Time spent sleeping
[ch 4: pages 96-97]There are special rules for when hourly-paid workers are using sleeping accommodation that is provided with their job. The law draws a distinction between people who are “working” while sleeping, such as a night watchman or a care worker working an over-night shift, and workers who are provided with accommodation at or near work where they are expected to sleep while waiting to see if they will be needed.
Regulation 32(2), NMWR 15 says that an hourly-paid worker who “by arrangement sleeps at or near a place of work” and is “provided with suitable facilities for sleeping”, is only engaged in working time for the purposes of the NMW when “awake for the purpose of working”.
In other words, workers who are provided with sleeping facilities by the employer and who sleep there “by arrangement”, but who are free to come and go from those facilities during the night as they please without risk of discipline or dismissal, are only entitled to the NMW for the hours spent using those facilities when they are both awake and working (i.e. at the employer’s disposal).
By contrast, an hourly-paid worker whose job obliges them to stay at the workplace overnight, whether or not they are asleep, must be paid at least the NMW for all the hours they are contracted to work, including all the hours spent sleeping. For example, it is the job of a night watchman to remain on the premises. The fact that some of the job duties involve sleeping or watching the TV is irrelevant to whether those duties are paid work. The whole shift must be paid (Scottbridge Construction v Wright [2003] IRLR 21).
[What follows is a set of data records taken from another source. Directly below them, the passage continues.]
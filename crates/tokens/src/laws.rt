ghost use Rattle.std.specs.Prelude.{◌≡◌, ℕ, List, Option as Maybe};
ghost use Rattle.mk_value.specs.Conversions.{becomes, row_becomes};
ghost use Rattle.mk_value.specs.Data.{Datum, IsOf, IsTupleOf, tuple_of};
ghost use Rattle.mk_value.specs.Heading.{Domain, Heading, IsDomain, relation as relation_domain};
ghost use Rattle.mk_value.specs.Literals.{row_text, value_text};
ghost use Rattle.tokens.specs.Cutting.{Cuts, CutsUpTo, IsFirstFlaw, Piece as plain_piece};
ghost use Rattle.tokens.specs.Fronts.{IsFirstOffence};
ghost use Rattle.tokens.specs.Literals.{HoldsBytes, LiteralTokens, Reads, ReadsRowText, RowHoldsBytes, as_literal, max_braces, row_as_literals};

/// A law of cutting: a text has one cutting into tokens, or one first piece that is no token with the pieces before it, and never both.
pub fn one_cutting()
    ensures one_cutting { (content : List ℕ) (one two : List plain_piece) → Cuts content one → Cuts content two → one ≡ two }
    ensures one_flaw { (content : List ℕ) (one two : ℕ) → IsFirstFlaw content one → IsFirstFlaw content two → one ≡ two }
    ensures not_both { (content : List ℕ) (pieces : List plain_piece) (flaw : ℕ) → Cuts content pieces → IsFirstFlaw content flaw → ⊥ }
    ensures one_front { (content : List ℕ) (one two : List plain_piece) (first second : Maybe ℕ) → CutsUpTo content one first → CutsUpTo content two second → (one ≡ two) × (first ≡ second) }
{}

/// A law of reading: a text reads as one literal, or has one first offence, and never both.
pub fn one_reading()
    ensures one_literal { (content : List ℕ) (one two : Datum) → Reads content one → Reads content two → one ≡ two }
    ensures one_offence { (content : List ℕ) (one two : ℕ) → IsFirstOffence LiteralTokens content one → IsFirstOffence LiteralTokens content two → one ≡ two }
    ensures not_both { (content : List ℕ) (d : Datum) (place : ℕ) → Reads content d → IsFirstOffence LiteralTokens content place → ⊥ }
{}

/// A law of printing: the text of a value of a kind reads as its literal, which becomes the value again; so does the text of a row.
pub fn printed_reads_back()
    ensures value { (d : Datum) (e : Domain) → IsDomain e → IsOf d e → HoldsBytes d
        → Reads (value_text d) (as_literal d) × (becomes (as_literal d) e ≡ d) }
    ensures row { (row : List Datum) (h : Heading) → IsDomain (relation_domain h) → IsTupleOf (tuple_of row) h → RowHoldsBytes (tuple_of row)
        → ReadsRowText max_braces (row_text row) (row_as_literals (tuple_of row)) × (row_becomes (row_as_literals (tuple_of row)) h ≡ tuple_of row) }
{}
In British Nursing Association v Inland Revenue [2002] IRLR 480, home-based workers who were employed to answer night-time telephone enquiries as and when they came in were entitled to the NMW throughout the shift. It did not matter that they could do other things when they were not answering the phone — even sleeping — or how many calls they got. This is because their work was to be available to answer any calls made. Even though they were in their own home, they were working — not on standby — throughout the shift.
In the leading case, Whittlestone v BJP Home Support Limited [2013] UKEAT 0128/13/190, which involved an overnight care worker, the judge applied what has become known as the “fish and chip” test. Whittlestone was “working” throughout her nightshift even though her sleep was rarely disturbed, because she was at the disposal of her employer throughout and could be disciplined if she left her post. “She could not for instance slip out for a late night movie or for fish and chips,” said the judge.
In October 2015, BIS published new guidance on calculating the national minimum wage which contains some useful examples, based on reported cases:
Example 1 — where the NMW is likely to apply
A person works in a care home and is required to work overnight shifts where they sleep on the premises. The person’s employer is required by statute to have someone on premises for health and safety purposes. The person would be disciplined if they left the premises at any stage during the night.
It is likely that the person would be considered to be “working” for the whole of the overnight shift even when they are sleeping.
Example 2 — where the NMW is unlikely to apply
A person works in a pub and lives in a flat above the pub. The employer requires the person to sleep there. However, the person can come and go as they please during the night as long as they do sleep there. There are no specific responsibilities during the evening: rather the person sleeps there so the flat is occupied i.e. to reduce the likelihood of the premises being burgled.
The person is likely only to be entitled to the NMW when they are awake and dealing with any emergencies in the night.